EDIT after giving this some more thought: Even in the "very concave" case, this solution will definitely give you all of the points of your concave hull in the proper order, but they may be interspersed with extra, inappropriate points such as the black one. So there may be too many points.

The answer is then, of course, to do some pruning. It would be fairly complicated pruning especially if you can have multiple, consecutive "recluse points" like the black one, so I don't have a smart algorithm in mind. But even blind, brute force could be feasible. Each point can be either accepted or rejected (boolean), so if you have N properly ordered candidate points in your concave hull, then there are only 2^N possibilities to check. This is way, way fewer possibilities than brute force for your original problem of permutations, which would have `SUM of (n!/(n-k)!) for k=1:(n-1)` possibilities (pardon my notation). So this algorithm narrows down your problem significantly.

I think this is the way to go. • 1
• Not so simple... How do you decide whether to reject the "newly encountered" or the "previously encountered" endpoint? If I reject the new one (the grey one), then the algorithm fails in this example. If I reject the "previous" one (the black one I added), then the algorithm fails in the mirror image of this example.
• @Jean: You're right. I think a similar sweeping algorithm with backtracking might work, though (sweep all angles from 0 to 2pi, starting along the current bar as 0 rads, and connect with the first endpoint you can 'see'. If you can't see any endpoints, backtrack to the previous endpoint). This should also work for his case where some bars do not intersect the rest, though it might not give the optimal (smallest area) solution.
• 1
• @JoeKington: I think I've got it now. My algorithm ain't so bad after all, it just needs an extra step, which could be brute force. See edit. Still only works for the well-defined problem, though... i.e. no unconnected segments.
• 1
• Nice! I want to think it over for a bit, but I think you've nailed it.
• 2
• "My algorithm would illegally join its endpoint to another endpoint (dashed grey line)." - Simple enough, just make sure the resulting line doesn't cross any bars or existing lines.

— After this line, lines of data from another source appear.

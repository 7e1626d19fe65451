// The messages of the vectors.
use std::fmt;

// So many bytes of the draft's test pattern ptn, 00 to FA over and over, or of FF.
#[derive(Clone, Copy)]
pub enum Message {
    Pattern(usize),
    Ff(usize),
}

impl Message {
    pub fn length(self) -> usize {
        match self {
            Message::Pattern(length) | Message::Ff(length) => length,
        }
    }

    // Fills the buffer as a message of this kind begins.
    pub fn fill(self, buffer: &mut [u8]) {
        match self {
            Message::Pattern(_) => fill_pattern(buffer),
            Message::Ff(_) => buffer.fill(0xff),
        }
    }
}

impl fmt::Display for Message {
    fn fmt<W: fmt::Write>(&self, f: &mut fmt::Formatter<W>) -> fmt::Result {
        match self {
            Message::Pattern(length) => write!(f, "ptn {length}"),
            Message::Ff(length) => write!(f, "ff {length}"),
        }
    }
}

pub fn fill_pattern(buffer: &mut [u8]) {
    for (i, byte) in buffer.iter_mut().enumerate() {
        *byte = (i % 251) as u8;
    }
}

Not a fully fleshed-out idea, but anyway: Suppose you started w/ the circular-sweep algorithm for a convex-hull (where you sort, and then process, the points by their angle from a center point). If all of the points end up in this hull, you're done. If not, then you have to "tighten" the hull to include these points. Each of these points were at once candidates for the convex hull, and got removed because they broke the convexness. Sometimes (as with the top purple point in the first example), we can simply leave them in. Where we can't, because the new segment of the hull crosses a segment (as going from the bottom green to the bottom purple in the first example, assuming the bottom aqua point got processed before the green one), the fix is a little more involved (and the part I haven't fleshed out, and is the very part alluded to in the question's latest edit).